"GOT", but the "O" is a cute, smiling pufferfish. Index | Thread | Search

From:
Omar Polo <op@omarpolo.com>
Subject:
Re: bufferize smtp parsing in got-notify-email
To:
Stefan Sperling <stsp@stsp.name>
Cc:
gameoftrees@openbsd.org
Date:
Thu, 21 Mar 2024 10:12:05 +0100

Download raw body.

Thread 
On 2024/03/21 09:16:36 +0100, Stefan Sperling <stsp@stsp.name> wrote:
> On Wed, Mar 20, 2024 at 07:49:54PM +0100, Omar Polo wrote:
> > On 2024/03/20 17:56:14 +0100, Stefan Sperling <stsp@stsp.name> wrote:
> > > > +	/*
> > > > +	 * Normally we would get just one reply, but the regress doesn't
> > > > +	 * use a real SMTP server and queues all the replies upfront.
> > > > +	 */
> > > > +	linelen += 2;
> > > > +	if (smtp_buflen == linelen)
> > > 
> > > Maybe write >= here just to make sure we don't drop into the else
> > > clause and do the memmove with bogus length values?
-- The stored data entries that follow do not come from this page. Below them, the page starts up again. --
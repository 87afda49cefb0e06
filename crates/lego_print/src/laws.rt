//! Laws of the texts, each the contract of a function that does nothing.
ghost use Rattle.lego_print.specs.Denoted.{PrintedDevelopmentsReadBack};
ghost use Rattle.lego_print.specs.Showable.{ValidEntriesAreClosed, PrintedDevelopmentsDenote};
ghost use Rattle.lego_print.specs.ReadBack.{PrintedNamesAreFree, PrintedNamesAreNames, PrintedTermsReadBack};

/// A printed name is no name of an entry in scope and no printed name of an enclosing local
/// variable.
pub fn printed_names_are_free()
    ensures { PrintedNamesAreFree }
{}

/// The printed name of a wished name that is a name is a name.
pub fn printed_names_are_names()
    ensures { PrintedNamesAreNames }
{}

/// A printed term without holes reads back, by the lexer, the grammar and the explicit reading,
/// as the term at the levels shown, up to the names of binders.
pub fn printed_terms_read_back()
    ensures { PrintedTermsReadBack }
{}

/// The printed text of a development denotes its entries at the levels shown, and has the form of
/// a development.
pub fn printed_developments_read_back()
    ensures { PrintedDevelopmentsReadBack }
{}

/// The printed text of a development of entries that are closed over those before them, with names
/// that the numbering holds, denotes these entries at the levels shown under a numbering that goes
/// on from the given one.
pub fn printed_developments_denote()
    ensures { PrintedDevelopmentsDenote }
{}

/// The entries of a list that is valid at some assignment have different numbers, and their types
/// and bodies are closed over the entries before them.
pub fn valid_entries_are_closed()
    ensures { ValidEntriesAreClosed }
{}
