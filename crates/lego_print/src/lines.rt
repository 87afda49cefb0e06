//! The lines behind the first line of a refusal: those of a cycle of constraints, and of tries.
ghost use Rattle.std.specs.Prelude.{◌≡◌, ◌++◌, codes, decimal, OnOk, IfOk};
ghost use Rattle.lego_print.specs.Lines.{plus_text, bound_text, origin_text, constraint_text, constraint_lines, refusal_lines, tried_text, try_text};

use crate::heading::Heading;
use crate::pieces::{push_counted, push_number, push_place};
use crate::refusal::{push_cause, push_refusal};
use lego_base::Place;
use lego_level::Constraint;
use lego_term::Level;
use std::alloc::{AllocError, Global};

/// What was tried: of NoFit the number of new arguments, of NoHypothesis the name of the
/// hypothesis.
#[derive(Clone, Copy)]
pub enum Tried<'a> {
    Arguments(u32),
    Hypothesis(&'a [u8]),
}

/// Adds a number behind `+`, where it is not 0.
fn push_plus(text: &mut Vec<u8>, plus: u32) -> Result<(), AllocError>
    ensures { OnOk result (text.new.items ≡ text.old.items ++ plus_text plus) }
{
    if plus == 0 {
        return Ok(());
    }
    push_counted(text, b"+", plus)
}

/// Adds a level of a constraint.
fn push_bound(text: &mut Vec<u8>, level: Level) -> Result<(), AllocError>
    ensures { OnOk result (text.new.items ≡ text.old.items ++ bound_text level.base level.plus) }
{
    match level.base {
        None => push_number(text, u64::from(level.plus)),
        Some(variable) => {
            push_counted(text, b"u", variable)?;
            push_plus(text, level.plus)
        }
    }
}

/// Adds where a constraint comes from.
fn push_origin(text: &mut Vec<u8>, place: Option<Place>) -> Result<(), AllocError>
    ensures { OnOk result (text.new.items ≡ text.old.items ++ origin_text place) }
{
    match place {
        Some(place) => push_place(text, place),
        None => text.extend_from_slice(b"implied"),
    }
}

/// Adds the line of a constraint of a cycle.
fn push_constraint(
    text: &mut Vec<u8>,
    place: Option<Place>,
    low: Level,
    high: Level,
) -> Result<(), AllocError>
    ensures { OnOk result (text.new.items ≡ text.old.items ++ constraint_text place low high) }
{
    text.extend_from_slice(b"  ")?;
    push_origin(text, place)?;
    text.extend_from_slice(b": ")?;
    push_bound(text, low)?;
    text.extend_from_slice(b" <= ")?;
    push_bound(text, high)?;
    text.extend_from_slice(b"\n")
}

/// The line of a constraint of a cycle, with its end: its place or `implied`, and its levels.
pub fn constraint_text(
    alloc: Global,
    place: Option<Place>,
    low: Level,
    high: Level,
) -> Result<Vec<u8>, AllocError>
    ensures { IfOk result (λ text. text.items ≡ constraint_text place low high) }
{
    let mut text = Vec::new(alloc);
    push_constraint(&mut text, place, low, high)?;
    Ok(text)
}

/// Adds the lines of the constraints of a cycle.
fn push_constraints(text: &mut Vec<u8>, cycle: &[Constraint]) -> Result<(), AllocError>
    ensures { OnOk result (text.new.items ≡ text.old.items ++ constraint_lines cycle.now) }
{
    for constraint in cycle {
        push_constraint(text, constraint.place, constraint.low, constraint.high)?;
    }
    Ok(())
}

/// A whole refusal: its first line with its end, and the line of each constraint of a cycle, which
/// Universe and a Solution of Universe have and others don't.
pub fn refusal_lines(
    alloc: Global,
    place: Place,
    heading: Heading,
    details: &[u8],
    cycle: &[Constraint],
) -> Result<Vec<u8>, AllocError>
    ensures { IfOk result (λ text. text.items ≡ refusal_lines place heading details.now cycle.now) }
{
    let mut text = Vec::new(alloc);
    push_refusal(&mut text, place, heading, details)?;
    text.extend_from_slice(b"\n")?;
    push_constraints(&mut text, cycle)?;
    Ok(text)
}

/// Adds what was tried.
fn push_tried(text: &mut Vec<u8>, tried: Tried<'_>) -> Result<(), AllocError>
    ensures { OnOk result (text.new.items ≡ text.old.items ++ tried_text tried.entry) }
{
    match tried {
        Tried::Arguments(number) => push_number(text, u64::from(number)),
        Tried::Hypothesis(name) => text.extend_from_slice(name),
    }
}

/// The line of a try that was refused, with its end: what was tried, and the cause text.
pub fn try_text(
    alloc: Global,
    tried: Tried<'_>,
    heading: Heading,
    details: &[u8],
) -> Result<Vec<u8>, AllocError>
    ensures { IfOk result (λ text. text.items ≡ try_text tried.entry heading details.now) }
{
    let mut text = Vec::from_slice(alloc, b"  ")?;
    push_tried(&mut text, tried)?;
    text.extend_from_slice(b": ")?;
    push_cause(&mut text, heading, details)?;
    text.extend_from_slice(b"\n")?;
    Ok(text)
}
I understand
> > > this cannot happen if the buffer smtp response with "\r\n" (and
> > > we wouldn't get here otherwise), but still.
> > 
> > In the normal case, you'd be right, but we break the regress like this.
> > A real smtp server will send just one reply, so at each call we only
> > read one line and process it.  However, the regress queues up all the
> > replies, so on the first read() we fill the buffer with all the replies,
> > then we just consume the buffer.
> > 
> > The if is actually a micro-optimization, I could just remove it and do
> > the memmove unconditionally.  at worst, it'll be done with a length of
> > zero.
> 
> I guess calling memmove with zero length would be fine.
> But it doesn't really matter.

saves a few lines and makes the comment more easibly understandable, so
I went with this change as well.

I've re-tested both against smtpd and the regress before committing.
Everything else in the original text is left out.